Record excerpts –
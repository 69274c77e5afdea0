// Laws of what an audit is of. Each function proves its clause, and does nothing.
ghost use Rattle.std.specs.Prelude.{ℕ, List, Option};
ghost use Rattle.stream_replay.specs.InParts.{Records};
ghost use Rattle.fries_verify.specs.Audits.{AreShown, AreStreamsShown, HaveOneVerdict};
ghost use Rattle.fries_verify.specs.Audits.{later_subject, live_subject, shown_subject};
ghost use Rattle.fries_verify.specs.Audits.{stream_subject, subject_of};

use audit_laws::{texts_have_one_fault, texts_of_runs_have_no_fault, written_audits_fit};
use audit_live::{live_runs_show_their_waits, shown_waits_fit};
use audit_parts::written_parts_are_found;
use audit_restore::counts_are_in_range;
use audit_stream::parts_are_put_together;
use flow_model::{Setup, Start};
use fries_lines::refused_are_noted;
use stream_replay::runs_are_told_in_parts;
use tuple_trace::Rows;

/// No text is the audit of a run and refused, and none is refused for two faults.
pub(crate) fn texts_have_one_verdict(setup: &Setup, rows: &Rows)
    ensures { HaveOneVerdict (subject_of setup.now rows.now) }
{
    texts_of_runs_have_no_fault(setup, rows);
    texts_have_one_fault(setup);
    refused_are_noted(setup.judged.refused.as_slice());
}

/// The same of runs that begin from a start.
pub(crate) fn later_texts_have_one_verdict(setup: &Setup, start: &Start, rows: &Rows)
    ensures { HaveOneVerdict (later_subject start.now setup.now rows.now) }
{
    counts_are_in_range(start);
    texts_of_runs_have_no_fault(setup, rows);
    texts_have_one_fault(setup);
    refused_are_noted(setup.judged.refused.as_slice());
}

/// The same of runs whose requests wait for the rows that records show. These and the parts of the
/// audit are read of a text in any way.
fn shown_texts_have_one_verdict(setup: &Setup, rows: &Rows)
    ensures { (read : List ℕ → Records) (parts : List ℕ → Option (List Records)) →
        HaveOneVerdict (λ bytes. record (shown_subject setup.now rows.now (read bytes)) {
          parts = parts bytes;
        }) }
{
    let _numbered = rows.as_slice();
    let _request_count = setup.request_count();
    let _plan_count = setup.plans.len();
    shown_waits_fit();
    written_audits_fit();
    refused_are_noted(setup.judged.refused.as_slice());
}

/// The same of the audits of `live`.
pub(crate) fn live_texts_have_one_verdict(setup: &Setup, rows: &Rows)
    ensures { HaveOneVerdict (live_subject setup.now rows.now) }
{
    shown_texts_have_one_verdict(setup, rows);
}

/// The same of the audits of `stream`, whose parts are put together.
pub(crate) fn stream_texts_have_one_verdict(setup: &Setup, rows: &Rows)
    ensures { HaveOneVerdict (stream_subject setup.now rows.now) }
{
    shown_texts_have_one_verdict(setup, rows);
}

/// Whatever rows the requests of a live run wait for, its audit shows them.
pub(crate) fn live_runs_are_shown(setup: &Setup, rows: &Rows)
    ensures { AreShown setup.now rows.now }
{
    live_runs_show_their_waits();
}

/// The same of parts of a stream that were run in turn, and are together a live run.
pub fn streams_are_shown(setup: &Setup, rows: &Rows)
    ensures { AreStreamsShown setup.now rows.now }
{
    parts_are_put_together(&setup.job);
    written_parts_are_found();
    runs_are_told_in_parts();
    live_runs_show_their_waits();
    written_audits_fit();
}
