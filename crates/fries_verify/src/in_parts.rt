// The run of a stream, each part of which is a run by itself.
ghost use Rattle.std.specs.Prelude.{◌≡◌, ◌++◌, ◌∷◌, [], IfErr, IfOk, List, Some};
ghost use Rattle.audit_laws.specs.Fits.{csv_records};
ghost use Rattle.audit_parts.specs.Cut.{parts_of};
ghost use Rattle.jobs.specs.Job.{job_view};
ghost use Rattle.jobs.specs.Nodes.{AreFromSources};
ghost use Rattle.stream_replay.specs.InParts.{AreRunInParts, Records, given_in_parts};
ghost use Rattle.stream_replay.specs.Loose.{IsLooseIn};
ghost use Rattle.fries_verify.specs.inner.Again.{IsAgain};

use flow_model::RunRecord;
use fries_steps::Done;
use std::alloc::Global;
use stream_replay::{PartFault, check_parts};
use tuple_trace::Rows;

/// What was run, once the parts of the audit of these bytes are runs one after another. The error
/// names the first part that isn't, or says that memory ran out; it gives up what was run.
pub(crate) fn in_parts(
    alloc: Global,
    done: Done,
    rows: &Rows,
    bytes: &[u8],
) -> Result<Done, PartFault>
    requires { AreFromSources (job_view done.ran.setup.job) rows.now }
    ensures again { IfOk result (IsAgain done) }
    ensures parts { IfOk result (λ again. (earlier : List Records) (last : Records)
        → parts_of (csv_records bytes.now) ≡ Some (earlier ++ last ∷ [])
        → AreRunInParts (given_in_parts done.ran.setup rows.now) earlier last) }
    ensures loose { IfErr result
        (IsLooseIn (given_in_parts done.ran.setup rows.now) (csv_records bytes.now)) }
{
    let Done {
        ran,
        requests,
        refused,
        serial,
        row,
    } = done;
    let RunRecord {
        setup,
        feeds,
        journals,
        states,
    } = ran;
    let setup = check_parts(alloc, setup, rows, bytes)?;
    let ran = RunRecord {
        setup,
        feeds,
        journals,
        states,
    };
    Ok(Done {
        ran,
        requests,
        refused,
        serial,
        row,
    })
}
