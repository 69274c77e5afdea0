// A setup whose requests wait for the rows that an audit shows.
ghost use Rattle.std.specs.Prelude.{◌≡◌, ◌≤◌, length};
ghost use Rattle.flow_model.specs.Setup.{setup_view};
ghost use Rattle.flow_model.specs.Waiting.{waiting_for, with_afters as with_afters_of};
ghost use Rattle.versions.specs.Kept.{AreInOrder};

use flow_model::Setup;
use versions::{Judged, Requests};

/// The setup with its requests, in their order, waiting for these rows. As
/// [`Setup::waiting_for`], and says that its job and what judging refused stay. Takes no memory.
pub(crate) fn with_waits(setup: Setup, waits: &[u64]) -> Setup
    requires one_each { length waits.now ≡ length (setup_view setup).requests }
    requires in_order { AreInOrder 0 (with_afters_of waits.now (setup_view setup).requests) }
    ensures view { setup_view result ≡ waiting_for waits.now (setup_view setup) }
    ensures job { result.job ≡ setup.job }
    ensures refused { result.judged.refused ≡ setup.judged.refused }
{
    let Setup {
        job,
        topology,
        judged,
        plans,
        splits,
        ordered,
    } = setup;
    let Judged { accepted, refused } = judged;
    let accepted = with_afters(accepted, waits);
    Setup {
        job,
        topology,
        judged: Judged { accepted, refused },
        plans,
        splits,
        ordered,
    }
}

fn with_afters(requests: Requests, waits: &[u64]) -> Requests
    requires { length waits.now ≤ length requests }
    ensures { result ≡ with_afters_of waits.now requests }
{
    let mut requests = requests.into_vec();
    for place in 0..waits.len() {
        requests[place].after = waits[place];
    }
    Requests::from_vec(requests)
}
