// Words of LDPTR and STPTR, of an index in a register, and of barriers. A function for each beginning that they have in common, with its
// arms in the table's order.

#![tactic(auto)]

ghost use Rattle.std.specs.Prelude.{◌≡◌, ◌/◌, ◌^◌};
ghost use Rattle.opcode.specs.Decode.{decode_of};

use isa::{Barrier, Instruction, Pointer};

// LDPTR and STPTR.
pub fn pointers(word: u32) -> Option<Instruction>
    requires { word / 2 ^ 26 ≡ 9 }
    ensures { result ≡ decode_of word }
{
    match word / 0x100_0000 {
        0x24 => Some(Instruction::Pointer(Pointer::LdptrW, operands::of_r2i::<14>(word))),
        0x26 => Some(Instruction::Pointer(Pointer::LdptrD, operands::of_r2i::<14>(word))),
        0x25 => Some(Instruction::Pointer(Pointer::StptrW, operands::of_r2i::<14>(word))),
        0x27 => Some(Instruction::Pointer(Pointer::StptrD, operands::of_r2i::<14>(word))),
        _ => None,
    }
}

// DBAR and IBAR.
fn barriers(word: u32) -> Option<Instruction>
    requires { word / 2 ^ 22 ≡ 0xe1 }
    ensures { result ≡ decode_of word }
{
    let o = operands::of_i15(word);
    match word / 0x8000 {
        0x70e4 => Some(Instruction::Barrier(Barrier::Dbar, o)),
        0x70e5 => Some(Instruction::Barrier(Barrier::Ibar, o)),
        _ => None,
    }
}

// An index in a register, and barriers.
pub fn registers_only(word: u32) -> Option<Instruction>
    requires { word / 2 ^ 26 ≡ 14 }
    ensures { result ≡ decode_of word }
{
    match word / 0x40_0000 {
        0xe0 => accesses::at_index(access_opcodes::indexed(word), word),
        0xe1 => barriers(word),
        _ => None,
    }
}
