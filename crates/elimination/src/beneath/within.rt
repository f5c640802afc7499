// Two symbols of one store. They are worked on place by place, since one slice cannot be lent for reading and for writing; none is copied out.
ghost use Rattle.std.specs.Prelude.{◌+◌, ◌*◌, length, get_or};
ghost use Rattle.field.specs.Octet.{plus, times};
ghost use Rattle.field.specs.Runs.{Apart, Written};
ghost use Rattle.linear.specs.Rows.{RowAdded};

use field::doubling;

fn sum(store: &mut [u8], w: usize, to: usize, from: usize)
    requires { Apart (length store.old) w to from }
    ensures { Written (λ c. plus (get_or store.old (to + c) 0) (get_or store.old (from + c) 0)) store.old store.new to w }
{
    for c in 0..w {
        store[to + c] ^= store[from + c];
    }
}

fn fuse(store: &mut [u8], w: usize, to: usize, from: usize, f: u8)
    requires { Apart (length store.old) w to from }
    ensures { Written (λ c. plus (get_or store.old (to + c) 0) (times f (get_or store.old (from + c) 0))) store.old store.new to w }
{
    for c in 0..w {
        store[to + c] ^= doubling::mul(store[from + c], f);
    }
}

// f times symbol k goes onto symbol i. Most factors are 1, and a sum is some ten times as fast as a sum with products.
pub fn add(store: &mut [u8], w: usize, i: usize, k: usize, f: u8)
    requires { Apart (length store.old) w (i * w) (k * w) }
    ensures { RowAdded w i k f store.old store.new }
{
    let to = i * w;
    let from = k * w;
    if f == 1 {
        sum(store, w, to, from);
        return;
    }
    fuse(store, w, to, from, f);
}
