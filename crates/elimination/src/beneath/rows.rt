// One row of a store, which holds rows of w octets, each at a multiple of w, or a row in a buffer of its own.
ghost use Rattle.std.specs.Prelude.{◌≡◌, ℕ, ◌+◌, ◌*◌, ◌≤◌, ◌<◌, length};
ghost use Rattle.field.specs.Runs.{zero_from};
ghost use Rattle.linear.specs.Rows.{RowCopied};
ghost use Rattle.elimination.specs.Steps.{Passed, column};

// Row k of one store goes over row i of another.
pub fn copy_row(source: &[u8], store: &mut [u8], w: usize, i: usize, k: usize)
    requires { (i * w + w ≤ length store.old) × (k * w + w ≤ length source.now) }
    ensures { RowCopied w i k source.now store.old store.new }
{
    let to = i * w;
    let from = k * w;
    // Octet by octet: `copy_from_slice` would be a call of libc's memmove.
    for c in 0..w {
        store[to + c] = source[from + c];
    }
}

// Symbol k of a store goes into a buffer of t octets; the answer is whether it is all 0.
pub fn lay_symbol(source: &[u8], symbol: &mut [u8], t: usize, k: usize) -> bool
    requires { (t ≤ length symbol.old) × (k * t + t ≤ length source.now) }
    ensures row_copied { RowCopied t 0 k source.now symbol.old symbol.new }
    ensures value { result ≡ zero_from symbol.new 0 t }
{
    let from = k * t;
    let mut seen = 0u8;
    for c in 0..t {
        let x = source[from + c];
        symbol[c] = x;
        seen |= x;
    }
    seen == 0
}

// The first pivot from number k on at which the row is not 0, or r. Most are passed over here, and a call for each would take longer than the look.
pub fn next_pivot(row: &[u8], pivots: &[u16], k: usize, r: usize) -> usize
    requires { (k ≤ r) × (r ≤ length pivots.now) × ((j : ℕ) → j < r → column pivots.now j < length row.now) }
    ensures { Passed row.now pivots.now k r result }
{
    for x in k..r {
        if row[usize::from(pivots[x])] != 0 {
            return x;
        }
    }
    r
}
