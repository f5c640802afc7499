// One equation against the r held ones. Each held row is 1 at its pivot, 0 before it, and 0 at the pivots of those before it.
ghost use Rattle.std.specs.Prelude.{◌≡◌, ◌+◌, ◌≤◌, ◌<◌, length};
ghost use Rattle.field.specs.Runs.{zero_from};
ghost use Rattle.linear.specs.Elimination.{Stepped};
ghost use Rattle.elimination.specs.Steps.{column};
ghost use Rattle.elimination.specs.Taking.{Lent, Wide, RoomForOne, Swept, Sought, PutIn, Lodged, Became};

use crate::beneath::{onto, rows};
use field::beneath::runs;

// What became of the equation.
#[derive(Clone, Copy, Debug, PartialEq, Eq)]
pub enum Taken {
    Held,
    Dependent,
    Clash,
}

// The held rows go off the equation, so that it is 0 at their pivots. Whether its symbol was all 0 is known, and whether it is then is what the last sum
// told, which alone is asked: the symbol is not looked at again.
fn sift(
    rows: &[u8],
    values: &[u8],
    pivots: &[u16],
    l: usize,
    t: usize,
    r: usize,
    row: &mut [u8],
    symbol: &mut [u8],
    laid: bool,
) -> bool
    requires { Lent l t r pivots.now rows.now values.now × Wide l t row.old symbol.old × (laid ≡ zero_from symbol.old 0 t) }
    ensures wide { Wide l t row.new symbol.new }
    ensures value { result ≡ zero_from symbol.new 0 t }
    ensures swept { Stepped l r (column pivots.now) rows.now values.now
        → Swept l t r r pivots.now rows.now values.now
        row.old symbol.old row.new symbol.new }
{
    let mut zero = laid;
    let mut k = rows::next_pivot(row, pivots, 0, r);
    while k < r {
        let f = onto::take_off(rows, l, k, usize::from(pivots[k]), row);
        let next = rows::next_pivot(row, pivots, k + 1, r);
        zero = onto::add_symbol(symbol, values, t, k, f, next >= r);
        k = next;
    }
    zero
}

// The first column in which the row is not 0, or l. There is none once l rows are held.
fn seek(row: &[u8], l: usize, r: usize) -> usize
    requires { length row.now ≡ l }
    ensures { Sought l r row.now result }
{
    if l <= r {
        return l;
    }
    runs::first_other(row, 0, l)
}

// The equation, which is not 0 in column c, gets place r and that pivot.
fn hold(
    rows: &mut [u8],
    values: &mut [u8],
    pivots: &mut [u16],
    l: usize,
    t: usize,
    r: usize,
    row: &mut [u8],
    symbol: &mut [u8],
    c: usize,
)
    requires { RoomForOne l t r pivots.old rows.old values.old × Wide l t row.old symbol.old × (c < l) × (l ≤ 65535) }
    ensures put_in { PutIn l t r c pivots.old rows.old values.old pivots.new rows.new values.new }
    ensures lodged { Lodged l t r c pivots.old rows.old values.old row.old symbol.old
        pivots.new rows.new values.new }
{
    onto::make_one(row, symbol, c);
    pivots[r] = c as u16;
    rows::copy_row(row, rows, l, r, 0);
    rows::copy_row(symbol, values, t, r, 0);
}

// Takes the equation that stands in `row` and `symbol`, which are scratch afterwards: it is held in place r, or it says what the held ones say,
// or they contradict it. `laid` is whether its symbol is all 0, which what laid it there has told.
pub fn take(
    rows: &mut [u8],
    values: &mut [u8],
    pivots: &mut [u16],
    l: usize,
    t: usize,
    r: usize,
    row: &mut [u8],
    symbol: &mut [u8],
    laid: bool,
) -> Taken
    requires lent { Lent l t r pivots.old rows.old values.old × Wide l t row.old symbol.old × (laid ≡ zero_from symbol.old 0 t) }
    requires room { (r ≤ l) × (l ≤ 65535) × (r < l → RoomForOne l t r pivots.old rows.old values.old) }
    ensures { Became l t r pivots.old rows.old values.old row.old symbol.old
        pivots.new rows.new values.new result }
{
    let zero = sift(rows, values, pivots, l, t, r, row, symbol, laid);
    let c = seek(row, l, r);
    if c < l {
        hold(rows, values, pivots, l, t, r, row, symbol, c);
        return Taken::Held;
    }
    // The row depends on those that are held: the symbol has to be what they make of it.
    if zero {
        return Taken::Dependent;
    }
    Taken::Clash
}
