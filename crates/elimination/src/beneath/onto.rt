// A row or a symbol in a buffer of its own, with a row or a symbol of a store.
ghost use Rattle.std.specs.Prelude.{true, ◌≡◌, ℕ, ◌+◌, ◌*◌, ◌≤◌, ◌<◌, length, get_or};
ghost use Rattle.field.specs.Octet as octets;
ghost use Rattle.field.specs.Runs.{zero_from};
ghost use Rattle.elimination.specs.Taking.{Onto, OntoFrom, Times};

use field::beneath::runs;
use field::octet;

// Where a sum of rows begins that are 0 before column c: at c, or so much before it that vector code takes what is left whole.
fn begin(l: usize, c: usize) -> usize
    requires { c < l }
    ensures { result ≤ c }
{
    c.saturating_sub((32 - (l - c) % 32) % 32)
}

// f times row k of the store, from column s on, goes onto dst, straight from the store.
fn add_row(dst: &mut [u8], store: &[u8], l: usize, k: usize, s: usize, f: u8)
    requires { (length dst.old ≡ l) × (k * l + l ≤ length store.now) × (s ≤ l) }
    ensures { OntoFrom l k s f store.now dst.old dst.new }
{
    let first = k * l + s;
    let last = k * l + l;
    runs::fma_row(dst, s, &store[first..last], f);
}

// Row k of the store, which has its pivot in column c, goes off the row. The answer is the factor: what the row had there.
pub fn take_off(rows: &[u8], l: usize, k: usize, c: usize, row: &mut [u8]) -> u8
    requires { (length row.old ≡ l) × (k * l + l ≤ length rows.now) × (c < l) }
    ensures value { result ≡ get_or row.old c 0 }
    ensures row_added { (s : ℕ) × (s ≤ c) × OntoFrom l k s result rows.now row.old row.new }
{
    let f = row[c];
    add_row(row, rows, l, k, begin(l, c), f);
    f
}

// f times symbol k of the store goes onto dst. Where that is asked, the answer is whether dst is all 0 now.
pub fn add_symbol(dst: &mut [u8], store: &[u8], t: usize, k: usize, f: u8, asked: bool) -> bool
    requires { (length dst.old ≡ t) × (k * t + t ≤ length store.now) }
    ensures onto { Onto t k f store.now dst.old dst.new }
    ensures value { asked ≡ true → result ≡ zero_from dst.new 0 t }
{
    let first = k * t;
    let last = first + t;
    if asked {
        return runs::fma_symbol(dst, 0, &store[first..last], f);
    }
    runs::fuse(dst, 0, &store[first..last], f);
    false
}

fn inverse(x: u8) -> u8
    ensures { result ≡ octets.inverse x }
{
    octet::div(1, x).unwrap_or(0)
}

// The equation is multiplied by the inverse of what it has in column c.
pub fn make_one(row: &mut [u8], symbol: &mut [u8], c: usize)
    requires { c < length row.old }
    ensures row_times { Times (octets.inverse (get_or row.old c 0)) row.old row.new }
    ensures symbol_times { Times (octets.inverse (get_or row.old c 0)) symbol.old symbol.new }
{
    let f = row[c];
    if f == 1 {
        return;
    }
    let x = inverse(f);
    runs::scale(row, x);
    runs::scale(symbol, x);
}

What you will do –
Repeat the entries verbatim through the line with "use stream_replay::runs_are_told_in_parts;".

Result of this task –
repository 69274c77e5afdea0
// Laws of what an audit is of. Each function proves its clause, and does nothing.
ghost use Rattle.std.specs.Prelude.{ℕ, List, Option};
ghost use Rattle.stream_replay.specs.InParts.{Records};
ghost use Rattle.fries_verify.specs.Audits.{AreShown, AreStreamsShown, HaveOneVerdict};
ghost use Rattle.fries_verify.specs.Audits.{later_subject, live_subject, shown_subject};
ghost use Rattle.fries_verify.specs.Audits.{stream_subject, subject_of};

use audit_laws::{texts_have_one_fault, texts_of_runs_have_no_fault, written_audits_fit};
use audit_live::{live_runs_show_their_waits, shown_waits_fit};
use audit_parts::written_parts_are_found;
use audit_restore::counts_are_in_range;
use audit_stream::parts_are_put_together;
use flow_model::{Setup, Start};
use fries_lines::refused_are_noted;
use stream_replay::runs_are_told_in_parts;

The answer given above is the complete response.